それは彼女の息子のフランクが17歳のときのことだったと思うが、
「フランクの部屋を開けたら、ベッドにフランクとあどけない顔をした女の子が寝ているのよ。びっくりしちゃって、その女の子に何歳かって聞いたら17歳だというの。ご両親はうちに泊まっているのを知っているの?って聞くと、両手で布団を押さえながら顔だけ出して、こっくりうなずくので、またドアを閉めて知らない顔をしたわ。その後でフランクに随分文句言われたわ。ドアを開けるときぐらいノックしろって」
「ええっ!それで、あんたお説教しなかったの?」
「お説教する?どうして?」
「だって、フランク、まだ高校生じゃない。」
「まあ、血の気の多い若者が、双方合意の上で寝るんだから、私がとやかく言うことないじゃない。勿論相手が16歳未満だったら、それこそ法律に触れることになるから、私だってお説教はしたと思うけど」
私は返事につまってしまった。もっと驚いたのは、フランクがガールフレンドのうちに泊まりに行くと出かけた後、京子はフランクがコンドームを忘れて行ったのに気がついて、届けてやったと言う話を聞いたときだ。
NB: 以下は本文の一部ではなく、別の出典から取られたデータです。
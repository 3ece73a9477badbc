// Files in memory, which fail at chosen calls.
ghost use Rattle.std.specs.Prelude.{◌≡◌, ℕ, ◌≤◌, ◌<◌, ◌↔◌, List, [], ◌++◌, length, None, Some, Contains, IfOk, OnOk, OnErr, IsErrOf, option_copied, string_bytes};
ghost use Rattle.att_base.specs.Files.{Contents, IsName, put_under, add_under, AddsFront, whole_file, ReadsWhole, CountsRead, CountsWrite};
ghost use Rattle.att_base.specs.FilesInMemory.{held_in, file_index, put_file, add_file, new_files, after_read, after_clear, after_append};

use crate::by_name::Files;
use crate::calls::Calls;
use crate::faults::{FileFault, ReadFault};
use std::alloc::{AllocError, Global};
use std::marker::Model;

/// A file in memory: its name and its bytes.
#[derive(Drop)]
pub struct NamedFile {
    name: String,
    bytes: Vec<u8>,
}

impl Model for NamedFile {
    ghost use Rattle.std.specs.Prelude.{string_bytes};
    ghost use Rattle.att_base.specs.Files.{NamedBytes};

    ghost Value = { NamedBytes };

    ghost view = { λ f. record { name = string_bytes f.name; bytes = f.bytes.items } };
}

impl NamedFile {
    /// A file of this name and these bytes.
    pub fn new(name: String, bytes: Vec<u8>) -> NamedFile
        ensures { result ≡ record { name = string_bytes name; bytes = bytes.items } }
    {
        NamedFile { name, bytes }
    }

    /// A file with copies of this name and these bytes.
    pub fn copied(alloc: Global, name: &str, bytes: &[u8]) -> Result<NamedFile, AllocError>
        ensures { IfOk result (λ f. f ≡ record { name = name.now; bytes = bytes.now }) }
    {
        let name = String::from_str(alloc, name)?;
        let bytes = bytes.to_vec(alloc)?;
        Ok(NamedFile { name, bytes })
    }

    /// The file's name.
    pub fn name(&self) -> &str
        ensures { result.now ≡ self.now.name }
    {
        self.name.as_str()
    }

    /// The file's bytes.
    pub fn bytes(&self) -> &[u8]
        ensures { result.now ≡ self.now.bytes }
    {
        &self.bytes
    }

    fn clear(&mut self)
        ensures { self.new ≡ record self.old { bytes = [] } }
    {
        self.bytes.clear();
    }

    fn append(&mut self, piece: &[u8]) -> Result<(), AllocError>
        ensures ok { OnOk result (self.new ≡ record self.old { bytes = self.old.bytes ++ piece.now }) }
        ensures err { OnErr result (self.new ≡ self.old) }
    {
        self.bytes.extend_from_slice(piece)
    }
}

// The place of the first file of this name, or the number of files where none has it.
fn file_index(files: &[NamedFile], name: &str) -> usize
    ensures { result ≡ file_index files.now name.now }
{
    for (i, file) in files.iter().enumerate() {
        if file.name() == name {
            return i;
        }
    }
    files.len()
}

// Clears the file of this name, or makes it.
fn clear_file(alloc: Global, files: &mut Vec<NamedFile>, name: &str) -> Result<(), AllocError>
    ensures ok { OnOk result (files.new.items ≡ put_file files.old.items name.now []) }
    ensures err { OnErr result (files.new.items ≡ files.old.items) }
{
    let place = file_index(files, name);
    if place < files.len() {
        files[place].clear();
        return Ok(());
    }
    let file = NamedFile::copied(alloc, name, &[])?;
    files.push(file)?;
    Ok(())
}

// Appends to the file of this name, or makes it.
fn append_file(
    alloc: Global,
    files: &mut Vec<NamedFile>,
    name: &str,
    piece: &[u8],
) -> Result<(), AllocError>
    ensures ok { OnOk result (files.new.items ≡ add_file files.old.items name.now piece.now) }
    ensures err { OnErr result (files.new.items ≡ files.old.items) }
{
    let place = file_index(files, name);
    if place < files.len() {
        files[place].append(piece)?;
        return Ok(());
    }
    let file = NamedFile::copied(alloc, name, piece)?;
    files.push(file)?;
    Ok(())
}

/// Files in memory. They tell what they hold.
#[derive(Drop)]
pub struct MemFiles {
    alloc: Global,
    files: Vec<NamedFile>,
    calls: Calls,
}

impl Model for MemFiles {
    ghost use Rattle.att_base.specs.FilesInMemory.{FilesState};

    ghost Value = { FilesState };

    ghost view = { λ s. record {
      files = s.files.items;
      fails = s.calls.fails.items;
      next = s.calls.next;
      faults = s.calls.faults;
    } };
}

impl MemFiles {
    /// These files, whose names all differ; were two the same, the first would be seen. The calls whose numbers
    /// are in `fails` fail. Calls are numbered from 0, all kinds together, up to `2^64 - 1`.
    pub fn new(alloc: Global, files: Vec<NamedFile>, fails: Vec<u64>) -> MemFiles
        ensures { result ≡ new_files files.items fails.items }
    {
        MemFiles {
            alloc,
            files,
            calls: Calls::new(fails),
        }
    }

    /// How many files there are.
    pub fn count(&self) -> usize
        ensures { result ≡ length self.now.files }
    {
        self.files.len()
    }

    /// The bytes of the file of this name; `None` where there is none.
    pub fn bytes_of(&self, name: &str) -> Option<&[u8]>
        ensures { option_copied result ≡ held_in self.now.files name.now }
    {
        let place = file_index(&self.files, name);
        if place < self.files.len() {
            return Some(self.files[place].bytes());
        }
        None
    }
}

impl Files for MemFiles {
    // Which names were asked for isn't told: that would take memory.
    ghost shows = { λ s. record { held = Some (held_in s.files); asked = None; faults = s.faults } };

    /// The whole file. It fails exactly where the call's number is listed.
    fn read(&mut self, alloc: Global, name: &str, limit: u64) -> Result<Vec<u8>, ReadFault>
        ensures reads { (known : Contents) → Some (held_in self.old.files) ≡ Some known → ReadsWhole (λ v. v.items) (whole_file limit (known name.now)) result }
        ensures within { IfOk result (λ v. length v.items ≤ limit) }
        ensures same { Some (held_in self.new.files) ≡ Some (held_in self.old.files) }
        ensures counted { CountsRead result (Some (held_in self.old.files)) self.old.faults self.new.faults }
        ensures answer { ReadsWhole (λ v. v.items) (whole_file limit (held_in self.old.files name.now)) result }
        ensures listed { IsErrOf result ReadFault.Failed ↔ Contains self.old.fails self.old.next }
        ensures leaves { self.new ≡ after_read self.old result }
    {
        if self.calls.begin() {
            let _ = self.calls.fail();
            return Err(ReadFault::Failed);
        }
        match self.bytes_of(name) {
            None => Err(ReadFault::Missing),
            Some(bytes) if bytes.len() as u64 > limit => Err(ReadFault::TooLong),
            Some(bytes) => match bytes.to_vec(alloc) {
                Ok(copy) => Ok(copy),
                Err(_) => Err(ReadFault::Memory),
            },
        }
    }

    /// Clears the name. It fails exactly where the call's number is listed, and wants memory only for a new name.
    fn clear(&mut self, _alloc: Global, name: &str) -> Result<(), FileFault>
        ensures ok { OnOk result (Some (held_in self.new.files) ≡ put_under (Some (held_in self.old.files)) name.now []) }
        ensures err { OnErr result (Some (held_in self.new.files) ≡ Some (held_in self.old.files)) }
        ensures counted { CountsWrite result self.old.faults self.new.faults }
        ensures listed { IsErrOf result FileFault.Failed ↔ Contains self.old.fails self.old.next }
        ensures leaves { self.new ≡ after_clear self.old name.now result }
    {
        if self.calls.begin() {
            let _ = self.calls.fail();
            return Err(FileFault::Failed);
        }
        let Ok(()) = clear_file(self.alloc, &mut self.files, name) else {
            return Err(FileFault::Memory);
        };
        Ok(())
    }

    /// Appends the piece. It fails exactly where the call's number is listed, unless it finds no memory, and
    /// has then appended the first half of the piece, rounded down.
    fn append(&mut self, _alloc: Global, name: &str, piece: &[u8]) -> Result<(), FileFault>
        ensures ok { OnOk result (Some (held_in self.new.files) ≡ add_under (Some (held_in self.old.files)) name.now piece.now) }
        ensures err { OnErr result (AddsFront (Some (held_in self.old.files)) (Some (held_in self.new.files)) name.now piece.now) }
        ensures memory { IsErrOf result FileFault.Memory → Some (held_in self.new.files) ≡ Some (held_in self.old.files) }
        ensures counted { CountsWrite result self.old.faults self.new.faults }
        ensures listed { IsErrOf result FileFault.Failed → Contains self.old.fails self.old.next }
        ensures unlisted { OnOk result (Contains self.old.fails self.old.next → ⊥) }
        ensures leaves { self.new ≡ after_append self.old name.now piece.now result }
    {
        if self.calls.begin() {
            let half = &piece[..piece.len() / 2];
            let Ok(()) = append_file(self.alloc, &mut self.files, name, half) else {
                return Err(FileFault::Memory);
            };
            let _ = self.calls.fail();
            return Err(FileFault::Failed);
        }
        let Ok(()) = append_file(self.alloc, &mut self.files, name, piece) else {
            return Err(FileFault::Memory);
        };
        Ok(())
    }
}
私が「最近の女の子は皆避妊用ピルを飲んでるから、妊娠の心配なんかすることないのに」と言うと、「私は妊娠の心配なんかしていないわ。エイズの心配をしているの」と言う答えがもどってきた。彼女のリベラルな考えについていけないものを感じるとともに、彼女のおおらかさが羨ましくもあった。
 幸いなことに、ダイアナもエミリーも、フランクほど派手な異性関係がなかったが、今度はいつも二人がべったりしているのを見ると、ダイアナとエミリーはレスビアンなのではないかと心配し始めるのだから、親心とは複雑なものである。
 ダイアナが小学校の時は送り迎えで忙しかった私も、ダイアナが中学校に行くようになって学校の送り迎えをしなくてもよくなり暇ができた時、猛烈に仕事がしたくなった。仕事で出張に行くことの多いアーロンは私が通訳の仕事をしたいと言った時は猛反対した。
「僕の給料で十分足りるじゃないか」と言うのが彼の言い分だったが、
「お金の問題じゃなくて、私にも何かできるって言う自信をもちたいの」
結局、アーロンの反対を押し切って、翻訳会社の日本語の社員募集の広告を見て、応募した。その結果はみごとに不採用。結局、翻訳者、通訳士としての国家試験を受けたことがなかったので、翻訳者、通訳士として認められなかったからだ。それを知って、それからは大学受験以来初めての猛勉強を始めた。試験は何回でも受けられるのだが、一回受けるごとに三千ドルの受験料を取られる。しぶるアーロンを何とかして説得して1回だけ受験することに同意してもらった。受験勉強の間、家事を随分手抜きしたので、アーロンやダイアナから文句が出たが、二人の苦情には耳にふたをして1年間頑張った。そのかいがあって、やっと資格認証がとれたときは、年甲斐もなく飛び上がって喜んだ。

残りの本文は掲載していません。